**Records for the task:**
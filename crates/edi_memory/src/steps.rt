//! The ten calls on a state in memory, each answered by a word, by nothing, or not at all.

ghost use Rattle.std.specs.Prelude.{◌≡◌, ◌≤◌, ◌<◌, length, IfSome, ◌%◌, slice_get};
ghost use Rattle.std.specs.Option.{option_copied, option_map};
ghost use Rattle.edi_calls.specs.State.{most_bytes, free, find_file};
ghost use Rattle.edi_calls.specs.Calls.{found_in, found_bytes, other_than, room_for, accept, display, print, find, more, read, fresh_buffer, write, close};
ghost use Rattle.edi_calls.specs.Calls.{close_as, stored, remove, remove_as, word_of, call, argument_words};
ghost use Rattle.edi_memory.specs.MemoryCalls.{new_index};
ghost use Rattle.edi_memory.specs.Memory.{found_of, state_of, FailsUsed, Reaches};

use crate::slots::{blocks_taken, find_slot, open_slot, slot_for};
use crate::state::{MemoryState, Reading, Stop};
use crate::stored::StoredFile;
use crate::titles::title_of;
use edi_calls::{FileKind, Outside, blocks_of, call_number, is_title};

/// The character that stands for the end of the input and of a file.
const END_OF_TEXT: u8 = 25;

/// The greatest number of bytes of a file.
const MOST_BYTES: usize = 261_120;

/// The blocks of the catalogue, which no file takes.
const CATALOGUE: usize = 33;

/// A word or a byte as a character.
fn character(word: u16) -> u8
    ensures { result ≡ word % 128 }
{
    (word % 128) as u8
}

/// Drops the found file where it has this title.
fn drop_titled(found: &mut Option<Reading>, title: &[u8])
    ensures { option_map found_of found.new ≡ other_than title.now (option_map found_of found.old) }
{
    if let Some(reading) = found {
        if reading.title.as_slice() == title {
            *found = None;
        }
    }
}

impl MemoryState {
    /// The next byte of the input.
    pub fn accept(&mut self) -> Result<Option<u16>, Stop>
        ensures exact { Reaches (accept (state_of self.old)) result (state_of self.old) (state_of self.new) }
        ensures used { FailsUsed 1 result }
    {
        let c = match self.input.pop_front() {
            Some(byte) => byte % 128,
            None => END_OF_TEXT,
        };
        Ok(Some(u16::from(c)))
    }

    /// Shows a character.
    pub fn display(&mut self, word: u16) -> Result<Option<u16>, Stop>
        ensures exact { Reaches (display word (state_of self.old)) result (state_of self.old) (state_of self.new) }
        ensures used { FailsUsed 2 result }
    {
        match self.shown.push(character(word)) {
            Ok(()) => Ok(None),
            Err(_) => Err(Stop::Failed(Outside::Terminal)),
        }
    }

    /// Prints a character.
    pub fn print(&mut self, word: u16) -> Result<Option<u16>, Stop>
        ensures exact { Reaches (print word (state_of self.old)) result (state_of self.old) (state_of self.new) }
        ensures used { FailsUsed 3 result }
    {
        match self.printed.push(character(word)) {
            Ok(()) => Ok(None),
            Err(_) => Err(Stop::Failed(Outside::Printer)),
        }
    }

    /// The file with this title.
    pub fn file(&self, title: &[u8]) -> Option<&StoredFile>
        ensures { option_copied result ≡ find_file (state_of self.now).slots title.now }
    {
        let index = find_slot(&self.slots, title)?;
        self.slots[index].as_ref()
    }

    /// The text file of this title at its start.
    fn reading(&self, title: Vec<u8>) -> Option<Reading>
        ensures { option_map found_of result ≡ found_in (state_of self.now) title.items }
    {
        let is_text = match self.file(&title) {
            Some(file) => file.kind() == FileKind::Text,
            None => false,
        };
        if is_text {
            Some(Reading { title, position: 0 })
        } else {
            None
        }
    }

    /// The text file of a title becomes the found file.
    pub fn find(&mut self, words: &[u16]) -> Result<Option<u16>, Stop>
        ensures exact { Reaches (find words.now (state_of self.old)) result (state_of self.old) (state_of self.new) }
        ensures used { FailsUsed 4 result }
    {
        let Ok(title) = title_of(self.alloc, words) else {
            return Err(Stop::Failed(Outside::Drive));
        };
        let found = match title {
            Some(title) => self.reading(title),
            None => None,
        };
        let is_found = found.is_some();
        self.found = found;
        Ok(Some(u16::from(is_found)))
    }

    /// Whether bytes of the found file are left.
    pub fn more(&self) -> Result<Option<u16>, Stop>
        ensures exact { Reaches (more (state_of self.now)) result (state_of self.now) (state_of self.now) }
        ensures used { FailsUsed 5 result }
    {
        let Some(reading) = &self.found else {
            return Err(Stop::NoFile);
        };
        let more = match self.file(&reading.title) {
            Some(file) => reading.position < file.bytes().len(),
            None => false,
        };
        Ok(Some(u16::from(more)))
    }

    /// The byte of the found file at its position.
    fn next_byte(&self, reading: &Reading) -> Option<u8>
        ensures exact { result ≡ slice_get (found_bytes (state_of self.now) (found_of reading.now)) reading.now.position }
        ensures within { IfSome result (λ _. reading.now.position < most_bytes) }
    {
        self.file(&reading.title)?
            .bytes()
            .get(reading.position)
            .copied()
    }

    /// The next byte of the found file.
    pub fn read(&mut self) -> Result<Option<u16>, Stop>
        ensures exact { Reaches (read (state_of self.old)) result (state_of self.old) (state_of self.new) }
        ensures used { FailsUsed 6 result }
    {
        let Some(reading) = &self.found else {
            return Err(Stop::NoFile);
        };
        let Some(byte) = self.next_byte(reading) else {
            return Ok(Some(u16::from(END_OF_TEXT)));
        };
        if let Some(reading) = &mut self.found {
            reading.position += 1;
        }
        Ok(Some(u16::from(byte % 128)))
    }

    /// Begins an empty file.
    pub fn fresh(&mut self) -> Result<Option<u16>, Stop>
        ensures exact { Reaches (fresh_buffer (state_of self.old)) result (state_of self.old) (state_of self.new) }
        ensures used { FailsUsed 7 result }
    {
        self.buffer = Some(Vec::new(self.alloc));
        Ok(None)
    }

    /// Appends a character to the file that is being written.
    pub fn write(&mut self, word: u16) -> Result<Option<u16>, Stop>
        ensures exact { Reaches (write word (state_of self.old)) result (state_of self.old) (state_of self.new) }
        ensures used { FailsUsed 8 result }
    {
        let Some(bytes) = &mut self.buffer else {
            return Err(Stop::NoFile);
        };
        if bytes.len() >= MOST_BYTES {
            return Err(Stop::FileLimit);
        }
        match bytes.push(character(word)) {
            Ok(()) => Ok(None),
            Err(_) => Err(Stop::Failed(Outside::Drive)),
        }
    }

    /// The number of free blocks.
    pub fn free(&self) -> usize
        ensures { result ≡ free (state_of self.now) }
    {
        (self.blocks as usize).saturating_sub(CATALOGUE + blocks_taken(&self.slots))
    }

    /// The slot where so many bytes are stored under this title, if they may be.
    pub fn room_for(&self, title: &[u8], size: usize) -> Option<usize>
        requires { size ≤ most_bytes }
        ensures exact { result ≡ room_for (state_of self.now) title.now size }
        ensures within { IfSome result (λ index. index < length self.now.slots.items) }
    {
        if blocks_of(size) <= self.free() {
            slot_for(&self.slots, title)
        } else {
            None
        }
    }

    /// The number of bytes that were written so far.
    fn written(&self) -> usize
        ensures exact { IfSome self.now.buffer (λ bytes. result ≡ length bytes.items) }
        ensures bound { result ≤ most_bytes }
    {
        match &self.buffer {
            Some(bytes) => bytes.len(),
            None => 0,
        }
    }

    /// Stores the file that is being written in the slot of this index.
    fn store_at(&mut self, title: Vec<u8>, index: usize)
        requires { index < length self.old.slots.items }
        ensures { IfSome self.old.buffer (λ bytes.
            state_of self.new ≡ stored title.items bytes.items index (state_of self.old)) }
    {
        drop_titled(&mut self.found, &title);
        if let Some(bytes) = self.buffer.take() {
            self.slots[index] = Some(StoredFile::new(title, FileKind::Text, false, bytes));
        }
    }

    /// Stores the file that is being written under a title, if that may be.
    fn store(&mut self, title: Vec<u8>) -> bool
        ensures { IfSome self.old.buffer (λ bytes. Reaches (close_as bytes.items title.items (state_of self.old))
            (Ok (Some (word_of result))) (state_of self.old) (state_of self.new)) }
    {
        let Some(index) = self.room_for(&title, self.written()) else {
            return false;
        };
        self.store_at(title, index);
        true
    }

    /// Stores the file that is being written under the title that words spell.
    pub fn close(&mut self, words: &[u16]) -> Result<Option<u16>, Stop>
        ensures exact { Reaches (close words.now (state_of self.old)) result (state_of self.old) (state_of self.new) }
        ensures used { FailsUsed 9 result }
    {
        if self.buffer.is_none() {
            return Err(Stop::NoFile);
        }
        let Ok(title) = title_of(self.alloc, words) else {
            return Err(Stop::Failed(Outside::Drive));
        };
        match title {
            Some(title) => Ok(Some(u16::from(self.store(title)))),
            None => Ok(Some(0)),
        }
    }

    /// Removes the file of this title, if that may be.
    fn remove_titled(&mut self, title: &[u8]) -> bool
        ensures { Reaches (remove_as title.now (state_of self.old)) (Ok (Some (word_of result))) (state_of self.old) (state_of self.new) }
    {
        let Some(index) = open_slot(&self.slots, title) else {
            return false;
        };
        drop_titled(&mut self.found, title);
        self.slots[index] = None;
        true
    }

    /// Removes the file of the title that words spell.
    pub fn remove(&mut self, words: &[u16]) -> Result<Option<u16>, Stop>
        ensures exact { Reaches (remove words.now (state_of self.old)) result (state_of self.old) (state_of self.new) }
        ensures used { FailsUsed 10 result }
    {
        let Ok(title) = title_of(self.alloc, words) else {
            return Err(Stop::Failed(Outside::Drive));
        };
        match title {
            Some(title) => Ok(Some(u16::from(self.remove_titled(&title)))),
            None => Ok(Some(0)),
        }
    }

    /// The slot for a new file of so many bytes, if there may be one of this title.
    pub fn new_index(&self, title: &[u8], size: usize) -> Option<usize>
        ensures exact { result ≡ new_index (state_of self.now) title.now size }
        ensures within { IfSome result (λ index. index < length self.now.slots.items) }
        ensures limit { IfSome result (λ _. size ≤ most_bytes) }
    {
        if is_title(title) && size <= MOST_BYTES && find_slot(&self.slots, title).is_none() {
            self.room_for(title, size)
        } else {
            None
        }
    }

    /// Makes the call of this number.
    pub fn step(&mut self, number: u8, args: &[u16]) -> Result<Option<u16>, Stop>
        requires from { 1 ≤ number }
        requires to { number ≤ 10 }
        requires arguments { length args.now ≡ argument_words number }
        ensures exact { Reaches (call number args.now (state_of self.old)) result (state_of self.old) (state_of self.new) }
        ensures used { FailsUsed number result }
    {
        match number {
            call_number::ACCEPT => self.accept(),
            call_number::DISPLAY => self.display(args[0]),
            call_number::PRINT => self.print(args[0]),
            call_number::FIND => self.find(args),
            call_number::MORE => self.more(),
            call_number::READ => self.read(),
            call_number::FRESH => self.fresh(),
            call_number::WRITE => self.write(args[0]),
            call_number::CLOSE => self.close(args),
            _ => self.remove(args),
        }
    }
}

---

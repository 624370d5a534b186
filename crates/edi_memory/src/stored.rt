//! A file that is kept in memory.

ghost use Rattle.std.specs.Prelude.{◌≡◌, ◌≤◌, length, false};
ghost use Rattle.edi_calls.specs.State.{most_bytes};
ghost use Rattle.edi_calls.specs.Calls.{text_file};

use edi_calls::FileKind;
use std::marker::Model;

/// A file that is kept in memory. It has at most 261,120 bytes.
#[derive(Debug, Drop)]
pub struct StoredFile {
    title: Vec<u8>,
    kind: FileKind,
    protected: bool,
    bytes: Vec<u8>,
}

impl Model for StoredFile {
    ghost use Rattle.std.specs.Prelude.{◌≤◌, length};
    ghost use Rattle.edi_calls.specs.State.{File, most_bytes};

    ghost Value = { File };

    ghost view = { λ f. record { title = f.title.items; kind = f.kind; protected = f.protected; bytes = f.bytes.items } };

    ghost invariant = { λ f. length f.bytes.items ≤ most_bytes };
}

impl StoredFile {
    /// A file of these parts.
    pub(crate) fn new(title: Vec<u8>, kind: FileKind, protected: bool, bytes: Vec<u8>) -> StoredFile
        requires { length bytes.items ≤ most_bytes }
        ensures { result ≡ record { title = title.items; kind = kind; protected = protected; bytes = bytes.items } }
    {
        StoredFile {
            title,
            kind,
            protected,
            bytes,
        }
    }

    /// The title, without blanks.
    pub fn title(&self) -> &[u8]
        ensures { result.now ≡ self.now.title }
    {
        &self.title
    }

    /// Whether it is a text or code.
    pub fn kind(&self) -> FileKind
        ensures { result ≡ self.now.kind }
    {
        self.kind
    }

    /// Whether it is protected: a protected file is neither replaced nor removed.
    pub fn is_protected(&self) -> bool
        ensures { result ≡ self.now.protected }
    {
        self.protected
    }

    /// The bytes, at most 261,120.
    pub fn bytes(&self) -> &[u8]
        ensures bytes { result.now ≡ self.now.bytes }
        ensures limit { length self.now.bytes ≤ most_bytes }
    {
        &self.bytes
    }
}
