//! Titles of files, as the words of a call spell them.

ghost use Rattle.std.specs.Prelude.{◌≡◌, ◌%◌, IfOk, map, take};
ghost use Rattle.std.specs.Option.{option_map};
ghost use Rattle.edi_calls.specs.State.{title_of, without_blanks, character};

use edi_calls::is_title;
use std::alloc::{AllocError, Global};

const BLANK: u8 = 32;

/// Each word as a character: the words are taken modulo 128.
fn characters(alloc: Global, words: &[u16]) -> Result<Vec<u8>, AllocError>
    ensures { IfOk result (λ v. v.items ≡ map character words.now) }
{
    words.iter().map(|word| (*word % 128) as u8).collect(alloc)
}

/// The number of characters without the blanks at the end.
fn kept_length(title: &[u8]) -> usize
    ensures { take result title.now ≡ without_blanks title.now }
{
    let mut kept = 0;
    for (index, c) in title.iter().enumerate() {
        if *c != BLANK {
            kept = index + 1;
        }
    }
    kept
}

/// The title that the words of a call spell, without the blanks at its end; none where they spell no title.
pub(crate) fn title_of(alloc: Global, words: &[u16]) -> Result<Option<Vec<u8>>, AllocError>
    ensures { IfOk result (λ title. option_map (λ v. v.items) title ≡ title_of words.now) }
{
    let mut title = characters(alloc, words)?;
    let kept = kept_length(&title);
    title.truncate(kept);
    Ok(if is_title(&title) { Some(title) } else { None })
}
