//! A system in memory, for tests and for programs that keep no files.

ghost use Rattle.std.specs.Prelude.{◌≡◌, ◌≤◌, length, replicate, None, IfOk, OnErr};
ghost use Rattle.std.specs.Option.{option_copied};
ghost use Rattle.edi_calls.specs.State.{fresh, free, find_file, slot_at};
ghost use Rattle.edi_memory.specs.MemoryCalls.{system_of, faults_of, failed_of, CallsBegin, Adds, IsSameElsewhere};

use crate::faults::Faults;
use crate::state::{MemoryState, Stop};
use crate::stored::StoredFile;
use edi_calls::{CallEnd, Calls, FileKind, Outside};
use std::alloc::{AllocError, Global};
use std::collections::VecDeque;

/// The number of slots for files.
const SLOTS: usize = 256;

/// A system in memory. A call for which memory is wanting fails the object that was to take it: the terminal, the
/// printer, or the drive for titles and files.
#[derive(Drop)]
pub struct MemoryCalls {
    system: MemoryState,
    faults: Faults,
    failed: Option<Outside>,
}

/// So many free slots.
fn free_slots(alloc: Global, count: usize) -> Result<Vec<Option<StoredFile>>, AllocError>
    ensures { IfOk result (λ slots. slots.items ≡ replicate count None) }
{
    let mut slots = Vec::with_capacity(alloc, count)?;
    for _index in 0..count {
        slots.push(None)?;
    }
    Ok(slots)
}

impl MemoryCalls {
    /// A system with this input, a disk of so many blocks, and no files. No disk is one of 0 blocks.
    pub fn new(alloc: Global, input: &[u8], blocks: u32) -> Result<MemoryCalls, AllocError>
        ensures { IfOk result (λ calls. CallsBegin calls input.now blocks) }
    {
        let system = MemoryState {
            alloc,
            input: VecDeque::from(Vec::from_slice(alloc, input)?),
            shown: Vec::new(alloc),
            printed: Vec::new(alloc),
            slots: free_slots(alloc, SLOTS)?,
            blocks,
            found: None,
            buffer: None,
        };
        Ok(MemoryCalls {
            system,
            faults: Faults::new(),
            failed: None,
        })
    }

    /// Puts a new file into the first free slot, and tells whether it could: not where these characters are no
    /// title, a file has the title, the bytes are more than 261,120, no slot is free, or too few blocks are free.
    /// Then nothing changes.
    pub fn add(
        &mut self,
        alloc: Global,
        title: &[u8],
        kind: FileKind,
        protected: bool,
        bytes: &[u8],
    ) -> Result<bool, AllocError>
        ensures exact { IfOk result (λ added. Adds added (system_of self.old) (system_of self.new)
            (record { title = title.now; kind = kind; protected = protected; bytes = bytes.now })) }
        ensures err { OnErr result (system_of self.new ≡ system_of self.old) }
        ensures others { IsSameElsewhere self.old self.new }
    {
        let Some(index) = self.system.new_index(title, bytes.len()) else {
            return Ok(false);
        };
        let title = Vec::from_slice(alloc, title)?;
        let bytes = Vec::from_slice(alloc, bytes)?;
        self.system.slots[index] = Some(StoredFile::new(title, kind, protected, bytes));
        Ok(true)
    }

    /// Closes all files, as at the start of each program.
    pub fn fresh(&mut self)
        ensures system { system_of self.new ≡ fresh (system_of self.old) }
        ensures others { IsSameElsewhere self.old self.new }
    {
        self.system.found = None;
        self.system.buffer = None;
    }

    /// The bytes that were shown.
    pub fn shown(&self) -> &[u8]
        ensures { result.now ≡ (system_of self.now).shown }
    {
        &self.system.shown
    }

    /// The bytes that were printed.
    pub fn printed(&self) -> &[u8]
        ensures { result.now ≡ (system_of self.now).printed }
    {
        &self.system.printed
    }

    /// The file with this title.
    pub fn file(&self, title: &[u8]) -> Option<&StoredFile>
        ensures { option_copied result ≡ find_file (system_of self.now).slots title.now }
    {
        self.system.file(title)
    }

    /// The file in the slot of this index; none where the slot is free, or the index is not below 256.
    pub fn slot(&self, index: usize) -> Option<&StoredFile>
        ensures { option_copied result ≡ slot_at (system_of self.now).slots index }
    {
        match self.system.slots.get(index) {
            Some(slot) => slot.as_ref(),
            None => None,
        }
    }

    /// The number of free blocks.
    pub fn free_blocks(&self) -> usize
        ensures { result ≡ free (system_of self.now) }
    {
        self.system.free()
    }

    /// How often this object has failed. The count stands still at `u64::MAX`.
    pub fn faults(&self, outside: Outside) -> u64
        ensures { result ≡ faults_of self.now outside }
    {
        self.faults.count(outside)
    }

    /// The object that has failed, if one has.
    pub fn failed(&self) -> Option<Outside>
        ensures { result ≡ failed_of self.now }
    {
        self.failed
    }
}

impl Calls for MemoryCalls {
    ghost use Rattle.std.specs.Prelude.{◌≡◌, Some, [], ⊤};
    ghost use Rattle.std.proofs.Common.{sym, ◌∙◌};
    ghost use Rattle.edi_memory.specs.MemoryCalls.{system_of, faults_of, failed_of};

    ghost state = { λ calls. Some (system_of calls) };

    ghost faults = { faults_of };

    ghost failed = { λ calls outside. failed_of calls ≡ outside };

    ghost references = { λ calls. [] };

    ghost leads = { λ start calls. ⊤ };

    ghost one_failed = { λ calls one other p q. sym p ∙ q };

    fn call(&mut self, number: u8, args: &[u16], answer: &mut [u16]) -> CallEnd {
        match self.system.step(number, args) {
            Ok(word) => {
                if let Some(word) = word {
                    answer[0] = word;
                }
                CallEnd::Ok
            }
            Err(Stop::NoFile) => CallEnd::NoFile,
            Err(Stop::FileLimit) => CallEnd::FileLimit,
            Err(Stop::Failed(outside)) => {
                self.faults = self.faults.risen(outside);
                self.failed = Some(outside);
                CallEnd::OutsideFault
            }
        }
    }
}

**Work instructions:**
Could you retype exactly the lines above, starting at the line that contains "FailsUsed 8 result" and ending at the line that contains "if let Some(bytes)", and nothing more?

**Answer section:**
        ensures used { FailsUsed 8 result }
    {
        let Some(bytes) = &mut self.buffer else {
            return Err(Stop::NoFile);
        };
        if bytes.len() >= MOST_BYTES {
            return Err(Stop::FileLimit);
        }
        match bytes.push(character(word)) {
            Ok(()) => Ok(None),
            Err(_) => Err(Stop::Failed(Outside::Drive)),
        }
    }

    /// The number of free blocks.
    pub fn free(&self) -> usize
        ensures { result ≡ free (state_of self.now) }
    {
        (self.blocks as usize).saturating_sub(CATALOGUE + blocks_taken(&self.slots))
    }

    /// The slot where so many bytes are stored under this title, if they may be.
    pub fn room_for(&self, title: &[u8], size: usize) -> Option<usize>
        requires { size ≤ most_bytes }
        ensures exact { result ≡ room_for (state_of self.now) title.now size }
        ensures within { IfSome result (λ index. index < length self.now.slots.items) }
    {
        if blocks_of(size) <= self.free() {
            slot_for(&self.slots, title)
        } else {
            None
        }
    }

    /// The number of bytes that were written so far.
    fn written(&self) -> usize
        ensures exact { IfSome self.now.buffer (λ bytes. result ≡ length bytes.items) }
        ensures bound { result ≤ most_bytes }
    {
        match &self.buffer {
            Some(bytes) => bytes.len(),
            None => 0,
        }
    }

    /// Stores the file that is being written in the slot of this index.
    fn store_at(&mut self, title: Vec<u8>, index: usize)
        requires { index < length self.old.slots.items }
        ensures { IfSome self.old.buffer (λ bytes.
            state_of self.new ≡ stored title.items bytes.items index (state_of self.old)) }
    {
        drop_titled(&mut self.found, &title);
        if let Some(bytes) = self.buffer.take() {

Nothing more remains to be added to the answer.